Michelle Obama. Mark Cuban. Jessica Alba. Bill Gates. Get just about any icon in front of a reporter and they'll be asked what advice they wish they could give their younger self. And every single one of them has an answer ready.

That's because we all (even billionaires) have regrets and lessons learned the hard way. But, while the idea that our mature selves have wisdom to share with younger selves is commonplace, no one ever thought to scientifically investigate the phenomenon. Until now.

Our younger selves screw up in a lot of the same ways

To get a more scientific sense of what we wish we could tell our younger selves, two Clemson University psychologists, Robin Kowalski and Annie McCord, created a questionnaire about pivotal life moments and the advice we wish we could give ourselves looking back. Hundreds of Americans over 30 took the survey via Amazon Turk.

When the psychologists analyzed the data, they discovered that the responses tended to cluster around five broad categories of advice. 

  1. Relationships ("Don't marry her. Do. Not. Marry. Her.")

  2. Education ("Finish college the first time around.")

  3. Selfhood ("Follow your own path and not try to please everyone around you.")

  4. Direction and goals ("Be more adventurous. Travel more. Live different places.")

  5. Money ("SAVE! Not just short-term for that guitar, but for early retirement.")

The curious can even read through all the original answers on the scientists' website.

If all the answers look vaguely familiar to you that may be because they closely mirror both anecdotal evidence of what people regret most and scientific research on the topic. For instance, Kowalski and McCord's work is littered with people urging their younger selves to trust themselves more and listen less to what others thought they should do with their lives. Similarly, a hospice nurse who cared for dying patients reports their most common regret is wishing they'd been more true to their own vision for their lives.

A pair of takeaways

All of which is interesting for academics, but what can you take away from this research for your own life?
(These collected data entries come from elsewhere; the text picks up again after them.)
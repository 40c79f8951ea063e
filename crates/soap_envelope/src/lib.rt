//! The view of a SOAP 1.2 envelope with WS-Addressing that servers and callers go by, and exact
//! replies and faults.
//!
//! The one idea: an envelope is a document seen by the namespaces that its prefixes are bound to.
//! `view` of `specs/View.antt` is a function of the document's items, in the order in which it is
//! judged: names (`Scopes`, `BadNames`), the root and its children (`Parts`), header blocks
//! (`Blocks`, `Headers`), and the content of Body, so that it stands by itself (`Body`).
//! `Envelope::of` is proved to answer that view, or the first refusal. `take_body` takes the
//! content of Body out of a document that isn't needed any more: its items are moved, and stay in
//! the document's list.
//!
//! A message is in a version of WS-Addressing, 1.0 or that of August 2004. What a version changes
//! stands in `specs/Versions.antt` alone: all else is handed the version.
//!
//! `reply_doc` and `fault_doc` make documents whose items `specs/Making.antt` and
//! `specs/Faults.antt` list one by one. The names of the standards are in `src/namespaces.rt` and
//! `specs/Names.antt`.
#![tactic(auto)]

mod attributes;
mod bindings;
mod blocks;
mod body;
mod characters;
mod children;
mod elements;
mod envelope;
mod faults;
mod fitting;
mod headers;
pub mod laws;
mod layers;
mod making;
mod moving;
mod names;
mod namespaces;
mod naming;
mod parts;
mod plain;
pub mod puts;
mod refusals;
mod report;
mod ring;
mod scopes;
mod taking;
mod texts;
mod versions;

pub use blocks::{Block, Blocks, Names, QualifiedName};
pub use elements::BlockElement;
pub use envelope::Envelope;
pub use faults::{fault_doc, fault_doc_with, related_texts};
pub use making::{reply_doc, reply_doc_with};
pub use naming::names_fit;
pub use plain::envelope_doc;
pub use refusals::SoapFault;
pub use report::{Code, FaultReport, Sub};
pub use taking::{return_body, take_body};
pub use versions::Addressing;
First, the fact that the same themes come up again and again (I cannot emphasize enough how often people talk about saving more in the original data) suggests that we have a tendency to make similar mistakes when we're young and inexperienced. By flagging these areas, this research should nudge younger readers to take a longer and more thoughtful look at these parts of their lives.

But even if you've already stumbled into many of the pitfalls this research highlights, it still offers hope. Some errors, of course, can never be undone. But many can, even if belatedly. Taking your own advice even years later than would have been ideal has significant upsides.

Study subjects agreed that following their own advice would bring them closer to the kind of person they want to be. And those who actually took their own advice said it had helped them become the kind of person their younger self would admire. This jibes with earlier research on the best way to get over regret. Forget beating yourself up or trying to ignore regrets, the research concluded, Instead, take action, however small, to try to become more like the person you want to be.  

This latest Clemson study is only preliminary, but the findings already suggest at least two key takeaways. If you're just starting out in life, beware these common areas where people so often wish they could have a redo. Or, if you've already stumbled plenty in your life, don't marinate in regret. Instead, take your own advice to your younger self. You can't fix every mistake, but doing what you can, even years later, will help you feel more comfortable in your own skin.